● PROBLEM DESCRIPTION: The required output is the complete data, repeated without alteration.

(Saved data entries)
################

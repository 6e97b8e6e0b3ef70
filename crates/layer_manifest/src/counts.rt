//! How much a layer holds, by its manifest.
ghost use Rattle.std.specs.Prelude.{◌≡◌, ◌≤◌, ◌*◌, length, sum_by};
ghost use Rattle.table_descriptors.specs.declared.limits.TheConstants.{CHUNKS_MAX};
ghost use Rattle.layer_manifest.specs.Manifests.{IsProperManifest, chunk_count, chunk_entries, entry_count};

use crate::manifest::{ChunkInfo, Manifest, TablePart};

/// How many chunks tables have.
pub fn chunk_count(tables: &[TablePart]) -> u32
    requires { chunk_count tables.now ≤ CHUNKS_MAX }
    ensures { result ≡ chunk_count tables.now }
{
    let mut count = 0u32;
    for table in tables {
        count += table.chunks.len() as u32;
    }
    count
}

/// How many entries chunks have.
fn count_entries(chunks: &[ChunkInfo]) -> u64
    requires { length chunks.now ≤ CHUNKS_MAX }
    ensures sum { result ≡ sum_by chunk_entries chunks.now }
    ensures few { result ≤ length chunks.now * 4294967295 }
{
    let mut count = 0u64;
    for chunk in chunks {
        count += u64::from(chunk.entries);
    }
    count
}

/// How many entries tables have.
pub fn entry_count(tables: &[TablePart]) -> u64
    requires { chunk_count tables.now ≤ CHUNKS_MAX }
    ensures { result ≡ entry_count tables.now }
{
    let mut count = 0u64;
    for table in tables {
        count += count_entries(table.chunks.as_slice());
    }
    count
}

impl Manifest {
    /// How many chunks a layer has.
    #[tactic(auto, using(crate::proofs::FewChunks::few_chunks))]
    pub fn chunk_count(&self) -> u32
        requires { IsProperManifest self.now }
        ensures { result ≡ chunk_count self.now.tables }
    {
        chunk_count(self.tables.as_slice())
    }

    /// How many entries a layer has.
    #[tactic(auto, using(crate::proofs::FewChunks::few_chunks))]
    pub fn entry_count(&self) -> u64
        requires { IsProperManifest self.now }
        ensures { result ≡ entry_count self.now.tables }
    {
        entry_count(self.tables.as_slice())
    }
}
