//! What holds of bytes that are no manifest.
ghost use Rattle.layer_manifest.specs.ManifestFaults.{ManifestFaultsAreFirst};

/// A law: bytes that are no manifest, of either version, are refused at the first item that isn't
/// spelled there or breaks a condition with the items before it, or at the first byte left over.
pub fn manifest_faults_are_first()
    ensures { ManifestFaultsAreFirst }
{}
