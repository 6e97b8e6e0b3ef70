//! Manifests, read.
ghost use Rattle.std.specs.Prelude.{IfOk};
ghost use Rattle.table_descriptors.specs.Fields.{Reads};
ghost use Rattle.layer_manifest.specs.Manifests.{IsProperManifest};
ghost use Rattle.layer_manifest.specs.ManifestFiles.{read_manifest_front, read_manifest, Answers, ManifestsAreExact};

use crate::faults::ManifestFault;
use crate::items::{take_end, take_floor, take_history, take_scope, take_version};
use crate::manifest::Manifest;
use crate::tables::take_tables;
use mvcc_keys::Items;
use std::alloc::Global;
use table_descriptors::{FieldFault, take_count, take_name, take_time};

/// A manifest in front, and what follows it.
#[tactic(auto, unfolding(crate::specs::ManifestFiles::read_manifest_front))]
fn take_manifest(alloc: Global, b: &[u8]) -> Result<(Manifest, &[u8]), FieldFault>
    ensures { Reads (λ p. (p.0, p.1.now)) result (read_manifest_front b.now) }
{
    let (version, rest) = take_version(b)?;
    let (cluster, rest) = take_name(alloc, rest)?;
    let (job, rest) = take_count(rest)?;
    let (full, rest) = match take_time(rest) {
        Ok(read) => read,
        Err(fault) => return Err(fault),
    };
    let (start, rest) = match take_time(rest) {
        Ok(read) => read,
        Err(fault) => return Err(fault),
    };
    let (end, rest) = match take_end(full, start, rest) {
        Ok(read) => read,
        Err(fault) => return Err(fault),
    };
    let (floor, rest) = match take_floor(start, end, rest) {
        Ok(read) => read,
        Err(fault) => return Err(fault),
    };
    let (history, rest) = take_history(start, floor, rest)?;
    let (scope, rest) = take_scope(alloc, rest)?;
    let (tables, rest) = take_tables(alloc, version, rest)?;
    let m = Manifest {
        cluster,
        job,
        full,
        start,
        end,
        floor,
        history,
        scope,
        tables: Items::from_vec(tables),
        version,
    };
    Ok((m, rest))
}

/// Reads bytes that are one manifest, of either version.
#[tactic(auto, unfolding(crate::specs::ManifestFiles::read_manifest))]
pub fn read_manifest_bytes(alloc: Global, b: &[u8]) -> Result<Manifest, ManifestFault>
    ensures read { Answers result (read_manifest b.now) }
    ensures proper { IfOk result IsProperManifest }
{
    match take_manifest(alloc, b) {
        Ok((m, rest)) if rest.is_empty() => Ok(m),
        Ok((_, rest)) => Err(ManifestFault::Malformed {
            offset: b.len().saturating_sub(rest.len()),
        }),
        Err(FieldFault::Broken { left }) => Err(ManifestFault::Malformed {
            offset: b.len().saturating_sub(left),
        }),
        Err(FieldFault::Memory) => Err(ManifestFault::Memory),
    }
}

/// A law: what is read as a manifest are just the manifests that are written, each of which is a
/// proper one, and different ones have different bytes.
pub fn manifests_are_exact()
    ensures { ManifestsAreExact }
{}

################

● RESPONSE TO THE TASK:
repository 6e97b8e6e0b3ef70
filename crates/layer_manifest/src/counts.rt
//! How much a layer holds, by its manifest.
ghost use Rattle.std.specs.Prelude.{◌≡◌, ◌≤◌, ◌*◌, length, sum_by};
ghost use Rattle.table_descriptors.specs.declared.limits.TheConstants.{CHUNKS_MAX};
ghost use Rattle.layer_manifest.specs.Manifests.{IsProperManifest, chunk_count, chunk_entries, entry_count};

use crate::manifest::{ChunkInfo, Manifest, TablePart};

/// How many chunks tables have.
pub fn chunk_count(tables: &[TablePart]) -> u32
    requires { chunk_count tables.now ≤ CHUNKS_MAX }
    ensures { result ≡ chunk_count tables.now }
{
    let mut count = 0u32;
    for table in tables {
        count += table.chunks.len() as u32;
    }
    count
}

/// How many entries chunks have.
fn count_entries(chunks: &[ChunkInfo]) -> u64
    requires { length chunks.now ≤ CHUNKS_MAX }
    ensures sum { result ≡ sum_by chunk_entries chunks.now }
    ensures few { result ≤ length chunks.now * 4294967295 }
{
    let mut count = 0u64;
    for chunk in chunks {
        count += u64::from(chunk.entries);
    }
    count
}

/// How many entries tables have.
pub fn entry_count(tables: &[TablePart]) -> u64
    requires { chunk_count tables.now ≤ CHUNKS_MAX }
    ensures { result ≡ entry_count tables.now }
{
    let mut count = 0u64;
    for table in tables {
        count += count_entries(table.chunks.as_slice());
    }
    count
}

impl Manifest {
    /// How many chunks a layer has.
    #[tactic(auto, using(crate::proofs::FewChunks::few_chunks))]
    pub fn chunk_count(&self) -> u32
        requires { IsProperManifest self.now }
        ensures { result ≡ chunk_count self.now.tables }
    {
        chunk_count(self.tables.as_slice())
    }

    /// How many entries a layer has.
    #[tactic(auto, using(crate::proofs::FewChunks::few_chunks))]
    pub fn entry_count(&self) -> u64
        requires { IsProperManifest self.now }
        ensures { result ≡ entry_count self.now.tables }
    {
        entry_count(self.tables.as_slice())
    }
}
//! What holds of bytes that are no manifest.
ghost use Rattle.layer_manifest.specs.ManifestFaults.{ManifestFaultsAreFirst};

/// A law: bytes that are no manifest, of either version, are refused at the first item that isn't
/// spelled there or breaks a condition with the items before it, or at the first byte left over.
pub fn manifest_faults_are_first()
    ensures { ManifestFaultsAreFirst }
{}
repository 6e97b8e6e0b3ef70
//! Manifests, read.
ghost use Rattle.std.specs.Prelude.{IfOk};
ghost use Rattle.table_descriptors.specs.Fields.{Reads};
ghost use Rattle.layer_manifest.specs.Manifests.{IsProperManifest};
ghost use Rattle.layer_manifest.specs.ManifestFiles.{read_manifest_front, read_manifest, Answers, ManifestsAreExact};

use crate::faults::ManifestFault;
use crate::items::{take_end, take_floor, take_history, take_scope, take_version};
use crate::manifest::Manifest;
use crate::tables::take_tables;
use mvcc_keys::Items;
use std::alloc::Global;
use table_descriptors::{FieldFault, take_count, take_name, take_time};

/// A manifest in front, and what follows it.
#[tactic(auto, unfolding(crate::specs::ManifestFiles::read_manifest_front))]
fn take_manifest(alloc: Global, b: &[u8]) -> Result<(Manifest, &[u8]), FieldFault>
    ensures { Reads (λ p. (p.0, p.1.now)) result (read_manifest_front b.now) }
{
    let (version, rest) = take_version(b)?;
    let (cluster, rest) = take_name(alloc, rest)?;
    let (job, rest) = take_count(rest)?;
    let (full, rest) = match take_time(rest) {
        Ok(read) => read,
        Err(fault) => return Err(fault),
    };
    let (start, rest) = match take_time(rest) {
        Ok(read) => read,
        Err(fault) => return Err(fault),
    };
    let (end, rest) = match take_end(full, start, rest) {
        Ok(read) => read,
        Err(fault) => return Err(fault),
    };
    let (floor, rest) = match take_floor(start, end, rest) {
        Ok(read) => read,
        Err(fault) => return Err(fault),
    };
    let (history, rest) = take_history(start, floor, rest)?;
    let (scope, rest) = take_scope(alloc, rest)?;
    let (tables, rest) = take_tables(alloc, version, rest)?;
    let m = Manifest {
        cluster,
        job,
        full,
        start,
        end,
        floor,
        history,
        scope,
        tables: Items::from_vec(tables),
        version,
    };
    Ok((m, rest))
}

/// Reads bytes that are one manifest, of either version.
#[tactic(auto, unfolding(crate::specs::ManifestFiles::read_manifest))]
pub fn read_manifest_bytes(alloc: Global, b: &[u8]) -> Result<Manifest, ManifestFault>
    ensures read { Answers result (read_manifest b.now) }
    ensures proper { IfOk result IsProperManifest }
{
    match take_manifest(alloc, b) {
        Ok((m, rest)) if rest.is_empty() => Ok(m),
        Ok((_, rest)) => Err(ManifestFault::Malformed {
            offset: b.len().saturating_sub(rest.len()),
        }),
        Err(FieldFault::Broken { left }) => Err(ManifestFault::Malformed {
            offset: b.len().saturating_sub(left),
        }),
        Err(FieldFault::Memory) => Err(ManifestFault::Memory),
    }
}

/// A law: what is read as a manifest are just the manifests that are written, each of which is a
/// proper one, and different ones have different bytes.
pub fn manifests_are_exact()
    ensures { ManifestsAreExact }
{}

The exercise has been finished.